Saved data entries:

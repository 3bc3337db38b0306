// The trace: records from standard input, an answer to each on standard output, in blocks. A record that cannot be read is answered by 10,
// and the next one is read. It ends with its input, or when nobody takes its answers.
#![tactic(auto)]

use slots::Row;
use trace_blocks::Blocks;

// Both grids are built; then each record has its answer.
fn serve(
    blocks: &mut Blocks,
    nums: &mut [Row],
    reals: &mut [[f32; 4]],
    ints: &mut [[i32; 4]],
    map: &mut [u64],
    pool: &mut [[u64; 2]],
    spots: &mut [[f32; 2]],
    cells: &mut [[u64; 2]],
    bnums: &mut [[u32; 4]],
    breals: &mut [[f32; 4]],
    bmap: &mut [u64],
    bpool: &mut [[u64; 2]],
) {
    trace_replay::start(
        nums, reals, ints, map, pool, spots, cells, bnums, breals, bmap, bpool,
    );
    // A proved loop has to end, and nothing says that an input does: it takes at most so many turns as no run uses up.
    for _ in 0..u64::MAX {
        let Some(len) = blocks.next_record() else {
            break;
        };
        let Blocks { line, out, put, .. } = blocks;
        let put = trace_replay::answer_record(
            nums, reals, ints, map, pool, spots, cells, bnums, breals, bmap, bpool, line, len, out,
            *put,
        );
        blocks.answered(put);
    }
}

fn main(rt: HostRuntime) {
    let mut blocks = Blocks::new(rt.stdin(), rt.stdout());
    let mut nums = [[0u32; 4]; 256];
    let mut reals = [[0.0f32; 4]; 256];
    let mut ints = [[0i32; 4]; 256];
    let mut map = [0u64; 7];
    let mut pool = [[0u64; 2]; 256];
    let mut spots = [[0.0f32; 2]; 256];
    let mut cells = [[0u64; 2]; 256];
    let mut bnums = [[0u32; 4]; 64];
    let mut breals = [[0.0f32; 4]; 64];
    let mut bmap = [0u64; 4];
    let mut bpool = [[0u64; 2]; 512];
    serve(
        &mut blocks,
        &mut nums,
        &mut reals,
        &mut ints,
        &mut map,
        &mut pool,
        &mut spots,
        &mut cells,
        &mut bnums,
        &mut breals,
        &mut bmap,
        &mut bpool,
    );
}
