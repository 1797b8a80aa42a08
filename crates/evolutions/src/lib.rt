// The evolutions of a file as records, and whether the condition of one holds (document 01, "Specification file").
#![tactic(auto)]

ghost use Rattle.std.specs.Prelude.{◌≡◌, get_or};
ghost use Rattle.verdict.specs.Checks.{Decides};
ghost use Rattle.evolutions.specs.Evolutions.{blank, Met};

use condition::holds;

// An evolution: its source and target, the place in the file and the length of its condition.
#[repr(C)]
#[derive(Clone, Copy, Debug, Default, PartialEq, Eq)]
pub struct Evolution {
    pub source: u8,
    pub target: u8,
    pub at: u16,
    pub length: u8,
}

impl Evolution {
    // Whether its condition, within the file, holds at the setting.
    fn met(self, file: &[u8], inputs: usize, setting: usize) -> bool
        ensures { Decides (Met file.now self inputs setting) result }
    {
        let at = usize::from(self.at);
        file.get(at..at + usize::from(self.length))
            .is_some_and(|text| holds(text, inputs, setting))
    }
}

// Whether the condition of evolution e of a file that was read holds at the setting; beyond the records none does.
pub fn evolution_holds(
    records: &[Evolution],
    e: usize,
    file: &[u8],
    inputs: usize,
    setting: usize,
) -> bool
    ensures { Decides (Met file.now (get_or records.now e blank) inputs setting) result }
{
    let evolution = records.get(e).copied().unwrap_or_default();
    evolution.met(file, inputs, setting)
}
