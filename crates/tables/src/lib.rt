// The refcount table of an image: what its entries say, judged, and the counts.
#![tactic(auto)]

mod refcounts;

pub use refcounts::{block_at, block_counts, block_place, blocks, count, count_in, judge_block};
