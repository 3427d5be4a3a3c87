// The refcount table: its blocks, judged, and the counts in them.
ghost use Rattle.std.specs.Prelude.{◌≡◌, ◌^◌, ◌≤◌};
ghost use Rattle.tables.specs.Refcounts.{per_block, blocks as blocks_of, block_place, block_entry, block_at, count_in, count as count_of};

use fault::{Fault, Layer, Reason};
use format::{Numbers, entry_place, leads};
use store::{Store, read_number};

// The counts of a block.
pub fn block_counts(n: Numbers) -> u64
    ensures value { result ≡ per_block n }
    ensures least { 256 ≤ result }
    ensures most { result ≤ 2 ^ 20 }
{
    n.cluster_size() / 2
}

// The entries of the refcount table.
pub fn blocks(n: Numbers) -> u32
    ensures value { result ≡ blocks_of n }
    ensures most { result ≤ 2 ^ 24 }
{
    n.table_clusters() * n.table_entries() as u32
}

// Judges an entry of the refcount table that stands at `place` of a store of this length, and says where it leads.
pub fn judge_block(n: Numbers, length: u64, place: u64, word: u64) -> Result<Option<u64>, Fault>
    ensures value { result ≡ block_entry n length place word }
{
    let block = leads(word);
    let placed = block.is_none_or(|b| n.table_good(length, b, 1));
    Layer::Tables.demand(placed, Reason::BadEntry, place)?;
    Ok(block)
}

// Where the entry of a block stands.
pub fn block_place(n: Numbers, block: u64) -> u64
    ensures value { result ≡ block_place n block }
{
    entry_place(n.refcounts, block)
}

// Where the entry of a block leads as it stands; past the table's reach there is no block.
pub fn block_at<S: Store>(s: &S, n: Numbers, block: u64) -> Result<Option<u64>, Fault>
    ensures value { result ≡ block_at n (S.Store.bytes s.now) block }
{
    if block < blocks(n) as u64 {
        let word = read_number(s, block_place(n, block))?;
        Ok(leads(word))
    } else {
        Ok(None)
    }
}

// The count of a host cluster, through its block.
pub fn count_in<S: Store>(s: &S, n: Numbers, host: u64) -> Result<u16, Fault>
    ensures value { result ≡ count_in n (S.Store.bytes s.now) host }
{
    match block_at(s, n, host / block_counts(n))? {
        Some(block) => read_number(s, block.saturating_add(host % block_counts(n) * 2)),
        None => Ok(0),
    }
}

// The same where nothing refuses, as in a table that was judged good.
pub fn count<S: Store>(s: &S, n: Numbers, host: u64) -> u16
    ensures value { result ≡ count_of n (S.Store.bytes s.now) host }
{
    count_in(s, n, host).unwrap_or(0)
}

What is being asked: Every record above is to be copied exactly.

Response to this exercise:
repository 3bc3337db38b0306
// The trace: records from standard input, an answer to each on standard output, in blocks. A record that cannot be read is answered by 10,
// and the next one is read. It ends with its input, or when nobody takes its answers.
#![tactic(auto)]

use slots::Row;
use trace_blocks::Blocks;

// Both grids are built; then each record has its answer.
fn serve(
    blocks: &mut Blocks,
    nums: &mut [Row],
    reals: &mut [[f32; 4]],
    ints: &mut [[i32; 4]],
    map: &mut [u64],
    pool: &mut [[u64; 2]],
    spots: &mut [[f32; 2]],
    cells: &mut [[u64; 2]],
    bnums: &mut [[u32; 4]],
    breals: &mut [[f32; 4]],
    bmap: &mut [u64],
    bpool: &mut [[u64; 2]],
) {
    trace_replay::start(
        nums, reals, ints, map, pool, spots, cells, bnums, breals, bmap, bpool,
    );
    // A proved loop has to end, and nothing says that an input does: it takes at most so many turns as no run uses up.
    for _ in 0..u64::MAX {
        let Some(len) = blocks.next_record() else {
            break;
        };
        let Blocks { line, out, put, .. } = blocks;
        let put = trace_replay::answer_record(
            nums, reals, ints, map, pool, spots, cells, bnums, breals, bmap, bpool, line, len, out,
            *put,
        );
        blocks.answered(put);
    }
}

fn main(rt: HostRuntime) {
    let mut blocks = Blocks::new(rt.stdin(), rt.stdout());
    let mut nums = [[0u32; 4]; 256];
    let mut reals = [[0.0f32; 4]; 256];
    let mut ints = [[0i32; 4]; 256];
    let mut map = [0u64; 7];
    let mut pool = [[0u64; 2]; 256];
    let mut spots = [[0.0f32; 2]; 256];
    let mut cells = [[0u64; 2]; 256];
    let mut bnums = [[0u32; 4]; 64];
    let mut breals = [[0.0f32; 4]; 64];
    let mut bmap = [0u64; 4];
    let mut bpool = [[0u64; 2]; 512];
    serve(
        &mut blocks,
        &mut nums,
        &mut reals,
        &mut ints,
        &mut map,
        &mut pool,
        &mut spots,
        &mut cells,
        &mut bnums,
        &mut breals,
        &mut bmap,
        &mut bpool,
    );
}
repository 1797b8a80aa42a08
filename crates/evolutions/src/lib.rt
// The evolutions of a file as records, and whether the condition of one holds (document 01, "Specification file").
#![tactic(auto)]

ghost use Rattle.std.specs.Prelude.{◌≡◌, get_or};
ghost use Rattle.verdict.specs.Checks.{Decides};
ghost use Rattle.evolutions.specs.Evolutions.{blank, Met};

use condition::holds;

// An evolution: its source and target, the place in the file and the length of its condition.
#[repr(C)]
#[derive(Clone, Copy, Debug, Default, PartialEq, Eq)]
pub struct Evolution {
    pub source: u8,
    pub target: u8,
    pub at: u16,
    pub length: u8,
}

impl Evolution {
    // Whether its condition, within the file, holds at the setting.
    fn met(self, file: &[u8], inputs: usize, setting: usize) -> bool
        ensures { Decides (Met file.now self inputs setting) result }
    {
        let at = usize::from(self.at);
        file.get(at..at + usize::from(self.length))
            .is_some_and(|text| holds(text, inputs, setting))
    }
}

// Whether the condition of evolution e of a file that was read holds at the setting; beyond the records none does.
pub fn evolution_holds(
    records: &[Evolution],
    e: usize,
    file: &[u8],
    inputs: usize,
    setting: usize,
) -> bool
    ensures { Decides (Met file.now (get_or records.now e blank) inputs setting) result }
{
    let evolution = records.get(e).copied().unwrap_or_default();
    evolution.met(file, inputs, setting)
}
filename crates/tables/src/lib.rt
// The refcount table of an image: what its entries say, judged, and the counts.
#![tactic(auto)]

mod refcounts;

pub use refcounts::{block_at, block_counts, block_place, blocks, count, count_in, judge_block};
repository 3427d5be4a3a3c87
// The refcount table: its blocks, judged, and the counts in them.
ghost use Rattle.std.specs.Prelude.{◌≡◌, ◌^◌, ◌≤◌};
ghost use Rattle.tables.specs.Refcounts.{per_block, blocks as blocks_of, block_place, block_entry, block_at, count_in, count as count_of};

use fault::{Fault, Layer, Reason};
use format::{Numbers, entry_place, leads};
use store::{Store, read_number};

// The counts of a block.
pub fn block_counts(n: Numbers) -> u64
    ensures value { result ≡ per_block n }
    ensures least { 256 ≤ result }
    ensures most { result ≤ 2 ^ 20 }
{
    n.cluster_size() / 2
}

// The entries of the refcount table.
pub fn blocks(n: Numbers) -> u32
    ensures value { result ≡ blocks_of n }
    ensures most { result ≤ 2 ^ 24 }
{
    n.table_clusters() * n.table_entries() as u32
}

// Judges an entry of the refcount table that stands at `place` of a store of this length, and says where it leads.
pub fn judge_block(n: Numbers, length: u64, place: u64, word: u64) -> Result<Option<u64>, Fault>
    ensures value { result ≡ block_entry n length place word }
{
    let block = leads(word);
    let placed = block.is_none_or(|b| n.table_good(length, b, 1));
    Layer::Tables.demand(placed, Reason::BadEntry, place)?;
    Ok(block)
}

// Where the entry of a block stands.
pub fn block_place(n: Numbers, block: u64) -> u64
    ensures value { result ≡ block_place n block }
{
    entry_place(n.refcounts, block)
}

// Where the entry of a block leads as it stands; past the table's reach there is no block.
pub fn block_at<S: Store>(s: &S, n: Numbers, block: u64) -> Result<Option<u64>, Fault>
    ensures value { result ≡ block_at n (S.Store.bytes s.now) block }
{
    if block < blocks(n) as u64 {
        let word = read_number(s, block_place(n, block))?;
        Ok(leads(word))
    } else {
        Ok(None)
    }
}

// The count of a host cluster, through its block.
pub fn count_in<S: Store>(s: &S, n: Numbers, host: u64) -> Result<u16, Fault>
    ensures value { result ≡ count_in n (S.Store.bytes s.now) host }
{
    match block_at(s, n, host / block_counts(n))? {
        Some(block) => read_number(s, block.saturating_add(host % block_counts(n) * 2)),
        None => Ok(0),
    }
}

// The same where nothing refuses, as in a table that was judged good.
pub fn count<S: Store>(s: &S, n: Numbers, host: u64) -> u16
    ensures value { result ≡ count_of n (S.Store.bytes s.now) host }
{
    count_in(s, n, host).unwrap_or(0)
}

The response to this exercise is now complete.